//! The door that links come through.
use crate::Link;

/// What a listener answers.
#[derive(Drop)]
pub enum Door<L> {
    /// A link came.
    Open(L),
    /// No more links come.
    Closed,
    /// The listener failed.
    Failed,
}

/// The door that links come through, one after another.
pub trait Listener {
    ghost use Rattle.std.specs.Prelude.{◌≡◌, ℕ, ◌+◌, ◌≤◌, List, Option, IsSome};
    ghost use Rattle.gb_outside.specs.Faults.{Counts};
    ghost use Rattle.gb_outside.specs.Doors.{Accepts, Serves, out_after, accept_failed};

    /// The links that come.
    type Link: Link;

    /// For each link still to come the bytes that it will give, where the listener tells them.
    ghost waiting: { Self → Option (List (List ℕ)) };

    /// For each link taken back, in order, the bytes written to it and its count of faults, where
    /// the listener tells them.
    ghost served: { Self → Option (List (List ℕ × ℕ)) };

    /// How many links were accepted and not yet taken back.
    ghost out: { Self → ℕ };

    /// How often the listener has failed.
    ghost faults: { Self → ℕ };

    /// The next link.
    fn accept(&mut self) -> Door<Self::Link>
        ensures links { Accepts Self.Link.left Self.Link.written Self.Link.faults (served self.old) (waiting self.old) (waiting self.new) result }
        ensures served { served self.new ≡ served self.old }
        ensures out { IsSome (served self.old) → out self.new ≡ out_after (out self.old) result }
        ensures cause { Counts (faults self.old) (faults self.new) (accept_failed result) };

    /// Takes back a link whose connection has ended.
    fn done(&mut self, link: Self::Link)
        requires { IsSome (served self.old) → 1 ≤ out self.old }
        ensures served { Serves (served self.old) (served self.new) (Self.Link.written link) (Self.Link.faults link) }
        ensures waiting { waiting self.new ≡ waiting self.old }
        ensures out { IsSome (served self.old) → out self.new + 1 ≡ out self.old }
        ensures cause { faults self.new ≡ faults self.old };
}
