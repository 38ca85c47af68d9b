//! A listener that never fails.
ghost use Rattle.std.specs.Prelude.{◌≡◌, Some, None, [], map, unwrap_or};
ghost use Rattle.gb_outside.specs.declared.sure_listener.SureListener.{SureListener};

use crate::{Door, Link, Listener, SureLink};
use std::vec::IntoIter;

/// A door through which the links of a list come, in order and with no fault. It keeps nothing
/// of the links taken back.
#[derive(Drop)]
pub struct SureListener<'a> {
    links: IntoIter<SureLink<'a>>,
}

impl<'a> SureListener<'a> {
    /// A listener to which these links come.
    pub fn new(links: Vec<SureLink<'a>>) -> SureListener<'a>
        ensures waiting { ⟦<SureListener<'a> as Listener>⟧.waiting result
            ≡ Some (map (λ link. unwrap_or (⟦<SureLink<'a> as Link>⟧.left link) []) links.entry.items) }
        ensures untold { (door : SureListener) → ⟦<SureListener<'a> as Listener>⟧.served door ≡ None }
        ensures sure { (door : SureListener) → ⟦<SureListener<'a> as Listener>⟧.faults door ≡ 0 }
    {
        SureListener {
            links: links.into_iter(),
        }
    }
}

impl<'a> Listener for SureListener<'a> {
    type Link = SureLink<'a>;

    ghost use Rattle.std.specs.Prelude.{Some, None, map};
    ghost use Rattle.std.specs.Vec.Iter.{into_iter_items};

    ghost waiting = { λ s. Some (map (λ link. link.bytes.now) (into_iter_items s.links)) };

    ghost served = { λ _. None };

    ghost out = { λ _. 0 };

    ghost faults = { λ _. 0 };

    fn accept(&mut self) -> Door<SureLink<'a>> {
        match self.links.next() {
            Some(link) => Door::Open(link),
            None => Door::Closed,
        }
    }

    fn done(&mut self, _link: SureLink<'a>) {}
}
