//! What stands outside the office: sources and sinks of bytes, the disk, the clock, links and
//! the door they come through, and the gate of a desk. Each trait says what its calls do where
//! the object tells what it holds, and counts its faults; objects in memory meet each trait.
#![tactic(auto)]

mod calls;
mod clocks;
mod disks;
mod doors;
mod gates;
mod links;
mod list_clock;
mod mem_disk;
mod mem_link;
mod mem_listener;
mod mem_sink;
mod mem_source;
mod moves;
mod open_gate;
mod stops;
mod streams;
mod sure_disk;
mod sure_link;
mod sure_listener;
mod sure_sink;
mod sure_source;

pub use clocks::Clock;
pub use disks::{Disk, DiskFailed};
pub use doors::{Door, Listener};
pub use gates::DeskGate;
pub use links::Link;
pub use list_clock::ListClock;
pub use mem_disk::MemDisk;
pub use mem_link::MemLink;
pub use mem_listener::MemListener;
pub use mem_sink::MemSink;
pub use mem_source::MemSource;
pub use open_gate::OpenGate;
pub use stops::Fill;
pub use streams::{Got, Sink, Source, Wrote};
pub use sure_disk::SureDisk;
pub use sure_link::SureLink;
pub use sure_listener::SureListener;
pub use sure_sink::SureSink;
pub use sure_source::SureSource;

**Task instructions**
Exact copies of the line with "pub use sure_listener::SureListener;" and of every later line in the entries make up the whole answer.

**Task solution**
pub use sure_listener::SureListener;
pub use sure_sink::SureSink;
pub use sure_source::SureSource;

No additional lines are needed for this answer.